Faith works by trusting a future that arrives only as a gift.

For the Uniting Church in Australia, from the establishment of the Joint Commission on Church Union and right through to the present day, a clear eschatological lens has shaped the Church’s sense of time.

I often think of this as a kind of mystical and apophatic* eschatology, an eschatology more engaged with the promise of a new, extraordinary reality of divine union rather than with the anticipation of a content-filled future. Our language in the Basis of Union marks such a posture: “The Church lives between the time of Christ’s death and resurrection and the final consummation of all things which Christ will bring; the Church is a pilgrim people, always on the way towards a promised goal; here the Church does not have a continuing city but seeks one to come.” (Basis of Union, Paragraph 3)

It is a theology of eschatological patience that shapes the Uniting Church’s sense of calling as a pilgrim people, a theology that waits, a theology that suffers its own incompletion. Such incompletion and the apophatic patience that nourishes it is embodied in a commitment to abide together in the most patient ways.

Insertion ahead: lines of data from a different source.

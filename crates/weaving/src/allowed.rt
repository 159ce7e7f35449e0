// What may be sealed, and under which reference: number 16.
ghost use Rattle.std.specs.Prelude.{◌≡◌, List, true, not, ◌&&◌, ℕ, ◌≤◌, T, ltb, length};
ghost use Rattle.syntax.specs.Octets.{within, all_pass};
ghost use Rattle.syntax.specs.Repertoire.{tag_octet};
ghost use Rattle.groups.specs.Calls.{Holds};
ghost use Rattle.weaving.specs.Seals.{ref_right, filter_right, is_new, may_seal, most_octets};

use groups::calls::Opened;
use groups::named::{group_named, headers_of};
use syntax::Version;
use syntax::cutting::tag_octet;
use syntax::opening::is_earlier;
use walk::sections::Layout;

// A to Z and 0 to 9.
fn are_tag_octets(reference: &[u8]) -> bool
    ensures { result ≡ all_pass tag_octet reference.now }
{
    for b in reference {
        if !tag_octet(*b) {
            return false;
        }
    }
    true
}

fn is_reference(reference: &[u8]) -> bool
    ensures value { result ≡ ref_right reference.now }
    ensures reference_len_bound { result ≡ true → length reference.now ≤ 14 }
{
    !reference.is_empty() && reference.len() <= 14 && are_tag_octets(reference)
}

// F: 2, or 7 but in the earlier edition.
fn is_filter(version: Version, filter: u64) -> bool
    ensures { result ≡ filter_right version filter }
{
    filter == 2 || (!is_earlier(version) && filter == 7)
}

// Whether no header of the message has this 0534.
fn is_new(s: &[u8], x: &Opened, reference: &[u8]) -> bool
    requires headers_bound { x.now.layout.headers ≤ 9 }
    ensures { (m : List ℕ) (h : Holds s.now m x.now.classes.syntax x.now.layout x.now.rows) → result ≡ is_new h.o reference.now }
{
    group_named(s, &x.classes, &x.rows, headers_of(x.layout), reference).is_none()
}

// Whether the message can take a further seal.
fn has_room(c: Layout) -> bool
    ensures { result ≡ (not c.autack && ltb c.headers 9) }
{
    !c.autack && c.headers < 9
}

pub fn may_seal(s: &[u8], x: &Opened, reference: &[u8], filter: u64) -> bool
    requires headers_bound { x.now.layout.headers ≤ 9 }
    ensures by_index { (m : List ℕ) (h : Holds s.now m x.now.classes.syntax x.now.layout x.now.rows) → result ≡ may_seal x.now.classes.syntax.version h.o reference.now filter }
    ensures reference_len_bound { result ≡ true → length reference.now ≤ 14 }
{
    is_reference(reference)
        && is_filter(x.classes.syntax.version, filter)
        && has_room(x.layout)
        && is_new(s, x, reference)
}

// How long VALUE may be: 256 octets for F 2, 384 for F 7; in the earlier edition 128.
fn most_octets(version: Version, filter: u64) -> usize
    ensures { result ≡ most_octets version filter }
{
    if is_earlier(version) {
        128
    } else if filter == 2 {
        256
    } else {
        384
    }
}

pub fn is_value_length(version: Version, filter: u64, n: usize) -> bool
    ensures { result ≡ within 1 (most_octets version filter) n }
{
    1 <= n && n <= most_octets(version, filter)
}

This patience is not an abstracted virtue but eminently practical, written into all our forms of governance, even down to our manual for meetings. Whereas worldly eyes might look upon such patience as a form of foolishness, the eyes of faith see the practice of such patience as the dance of a strange, difficult joy.

The joy of gathering around what cannot be possessed or lodged in us, the joy of a gift that does not become a possession.

And yet, as we’ve moved toward marking and celebrating our 40 years together, time has come to be marked by urgency in the Uniting Church: a sense of confusion about mission. We seem to have replaced our theology of patience with an ideology of panic.

“It has been 40 years so shouldn’t we have some momentum by now?”

I am not sure that 40 years should mean what it seems to mean to many in the Uniting Church, because for us it has always been eschatology that holds all things together. What would it mean for the Church to resist the temptation of impatience, of knowing itself and a world too quickly?

Perhaps we need to think of eschatology as an art: the art of patience, a patient art.  As Julian Barnes suggests in his most recent novel, “Art is the whisper of history, heard above the noise of time.”

This is part of a series exploring the 500th anniversary of the Reformation and the Uniting Church in Australia. This article was first printed in Queensland Synod’s Journey and subsequent parts of this series are available at: journeyonline.com.au/reformation 

*Apophatic theology—also known as negative theology—is a theology that attempts to describe God by negation, to speak of God only in absolutely certain terms and to avoid what may not be said. In Orthodox Christianity, apophatic theology is based on the assumption that God’s essence is unknowable or ineffable and on the recognition of the inadequacy of human language to describe God. The apophatic tradition in Orthodoxy is often balanced with cataphatic theology—or positive theology—and belief in the incarnation, through which God has revealed himself in the person of Jesus Christ.